Personal information
- Born: 1975 (age 50–51) Frances, Washington, U.S.
- Listed height: 211 cm (6 ft 11 in)
- Listed weight: 109 kg (240 lb)

Career information
- High school: Aberdeen (Aberdeen, Washington)
- College: UCLA (1994–1996); Pepperdine (1997–1998);
- NBA draft: 1998: undrafted
- Position: Forward

Career history
- 1998–1999: Magic City Snowbears
- 1999–2000: La Crosse Bobcats
- 2000: Fort Wayne Fury
- 2000: Gallitos de Isabela
- 2001–2002: Roanoke Dazzle

Career highlights
- NCAA champion (1995); McDonald's All-American (1994); 2× Third-team Parade All-American (1993, 1994);

= Omm'A Givens =

American basketball player (born 1975)

Omm'A Givens (born 1975) is an American former professional basketball player.
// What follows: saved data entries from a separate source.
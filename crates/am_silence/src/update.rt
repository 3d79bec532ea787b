//! The rule by which a post updates a silence in place.

ghost use Rattle.std.specs.Prelude.{◌≡◌, ◌==◌, ◌↔◌, IsTrue};
ghost use Rattle.am_silence.specs.Plans.{same_matchers, second_of, allows_update, may_update, MayUpdate};

use crate::iter::MatcherIter;
use crate::mesh::MeshSilence;
use crate::plan::Posted;
use crate::state::State;
use am_version_order::Moment;

/// Returns whether a post at `now` updates the silence in place.
pub fn may_update(held: &MeshSilence, posted: &Posted, now: Moment) -> bool
    ensures test { result ≡ may_update held.now.silence posted.now now }
    ensures rule { IsTrue result ↔ MayUpdate held.now.silence posted.now now }
{
    same_matchers(posted.matchers.iter(), held.matchers())
        && match held.state_at(now) {
            State::Active => {
                same_second(posted.starts_at, held.starts_at()) && posted.ends_at >= now
            }
            State::Pending => posted.starts_at >= now,
            State::Expired => false,
        }
}

// Returns whether the matchers are the same, in the same order, which means that they have the same canonical encoding.
fn same_matchers(posted: MatcherIter<'_>, held: MatcherIter<'_>) -> bool
    ensures test { result ≡ same_matchers posted.entry held.entry }
    ensures equal { IsTrue result ↔ (posted.entry ≡ held.entry) }
{
    posted.as_text() == held.as_text()
}

// Returns whether the moments are in the same second.
fn same_second(a: Moment, b: Moment) -> bool
    ensures { result ≡ (second_of a == second_of b) }
{
    a.parts().0 == b.parts().0
}
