//! An iterator over matchers, which reads them from their canonical encoding.

ghost use Rattle.std.specs.Prelude.{◌≡◌, ℕ, ◌==◌, ◌<◌, ◌^◌, ◌++◌, List, All, length};
ghost use Rattle.std.specs.Iterator.{YieldsFirst, item_count};
ghost use Rattle.am_wire.specs.Writing.{writes_text};
ghost use Rattle.am_silence.specs.declared.matcher.Matcher.{Matcher};
ghost use Rattle.am_silence.specs.Matchers.{writes_matcher, IsMatcher};
ghost use Rattle.am_silence.specs.MatcherTexts.{matchers_in, writes_matchers, IsMatchersText, IsMatcherText, Leads};

use crate::matcher::{MatcherKind, MatcherRef};
use am_wire::reading::split_part;
use std::marker::Model;

/// The tags of a matcher's fields: its type, its name and its pattern.
const KIND_TAG: u8 = 8;

const NAME_TAG: u8 = 18;

const PATTERN_TAG: u8 = 26;

/// A value that has matchers, owned or borrowed.
pub trait HasMatchers: Drop {
    /// The matchers.
    ghost listed: { Self → List Matcher };

    /// Returns an iterator over the matchers. Nothing is allocated.
    fn lent(&self) -> MatcherIter<'_>
        ensures { result ≡ listed self.now };
}

/// An iterator over matchers, which reads them from their canonical encoding, and allocates nothing.
///
/// Contracts see the matchers to come.
#[derive(Drop)]
pub struct MatcherIter<'a> {
    rest: &'a [u8],
}

impl<'a> Model for MatcherIter<'a> {
    ghost use Rattle.std.specs.Prelude.{List};
    ghost use Rattle.am_silence.specs.declared.matcher.Matcher.{Matcher};
    ghost use Rattle.am_silence.specs.MatcherTexts.{matchers_in, IsMatchersText};

    ghost Value = { List Matcher };

    ghost view = { λ i. matchers_in i.rest.now };

    ghost invariant = { λ i. IsMatchersText i.rest.now };
}

impl<'a> MatcherIter<'a> {
    /// Returns an iterator over the matchers of a text.
    pub(crate) fn over(text: &'a [u8]) -> MatcherIter<'a>
        requires { IsMatchersText text.now }
        ensures { result ≡ matchers_in text.now }
    {
        MatcherIter { rest: text }
    }

    /// Returns whether there are no more matchers.
    pub fn is_empty(&self) -> bool
        ensures { result ≡ (length self.now == 0) }
    {
        self.rest.is_empty()
    }

    /// Returns the canonical encoding of the matchers to come.
    pub(crate) fn as_text(&self) -> &'a [u8]
        ensures text { result.now ≡ writes_matchers self.now }
        ensures values { All IsMatcher self.now }
        ensures short { length (writes_matchers self.now) < 2 ^ 64 }
    {
        self.rest
    }
}

impl HasMatchers for MatcherIter<'_> {
    ghost listed = { λ matchers. matchers };

    fn lent(&self) -> MatcherIter<'_> {
        MatcherIter { rest: self.rest }
    }
}

impl<'a> Iterator for MatcherIter<'a> {
    type Item = MatcherRef<'a>;

    ghost next_gives = { YieldsFirst (λ rest. rest) };

    ghost remaining = { item_count (λ rest. rest) };

    fn next(&mut self) -> Option<MatcherRef<'a>> {
        if self.rest.is_empty() {
            return None;
        }
        let (text, rest) = split_part(&self.rest[1..]);
        self.rest = rest;
        Some(matcher_of(text))
    }
}

// Returns the matcher with this canonical encoding.
fn matcher_of(text: &[u8]) -> MatcherRef<'_>
    requires { (m : Matcher) × IsMatcherText text.now m }
    ensures { (m : Matcher) → IsMatcherText text.now m → result ≡ m }
{
    let (kind, texts) = split_kind(text);
    let (name, rest) = split_text(texts, NAME_TAG);
    let (pattern, _) = split_text(rest, PATTERN_TAG);
    MatcherRef::new(kind, name, pattern)
}

// Splits a matcher's text into its kind, which is left out if its number is 0, and the rest.
fn split_kind(text: &[u8]) -> (MatcherKind, &[u8])
    ensures { (m : Matcher) → text.now ≡ writes_matcher m →
        (result.0 ≡ m.kind) × (result.1.now ≡ writes_text 2 m.name ++ writes_text 3 m.pattern) }
{
    if text.len() < 2 || text[0] != KIND_TAG {
        return (MatcherKind::Equal, text);
    }
    (MatcherKind::of_number(u64::from(text[1])), &text[2..])
}

// Splits bytes into the text behind a tag, which is left out if it is empty, and the rest.
fn split_text(bytes: &[u8], tag: u8) -> (&str, &[u8])
    requires { (text rest : List ℕ) × Leads tag text rest bytes.now }
    ensures { (text rest : List ℕ) → Leads tag text rest bytes.now → (result.0.now ≡ text) × (result.1.now ≡ rest) }
{
    if bytes.is_empty() || bytes[0] != tag {
        return ("", bytes);
    }
    let (text, rest) = split_part(&bytes[1..]);
    (unsafe { str::from_utf8_unchecked(text) }, rest)
}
A high school basketball All-American, he was a center for the UCLA Bruins on their 1995 national championship team.

==High school==
Givens attended high school in Aberdeen, Washington, where he was a highly touted college basketball recruit. In his junior year he averaged 18.4 points and 8.8 rebounds per game, while in his senior year he improved his scoring average to 23.4 points per game. He was selected to the McDonald's All-American Team in his senior year, was the Washington state Gatorade Player of the Year, and was twice selected as a Parade All-American. He broke the tournament scoring record for boys high school basketball in Washington State.

==College==
Givens joined UCLA in 1994–95, and won a national championship with the team that season. He opted out of his UCLA scholarship in 1996 after having spent the 1995–96 season as a reserve with 20 appearances (0 starts and 11.6 minutes per game) and transferred to Pepperdine University. He was suspended for two games by Pepperdine's coach Lorenzo Romar in January 1998 after punching and breaking the jaw of teammate Aaron Butler at practice. After being briefly reinstated he was suspended by the school for the rest of the season later that month. He left the Pepperdine basketball team after the season and passed up his final season of eligibility.

==Professional career==
Givens played for Magic City Snowbears in the International Basketball Association during the 1998–1999 season, averaging 12.9 points and 7.8 rebounds, leading the team to home-court advantage in the IBA playoffs. In 2001 he joined Roanoke Dazzle of the National Basketball Development League. In 23 games during the 2001–2002 NBDL season, Givens averaged 3.0 points and 2.1 rebounds in 11.4 minutes per game.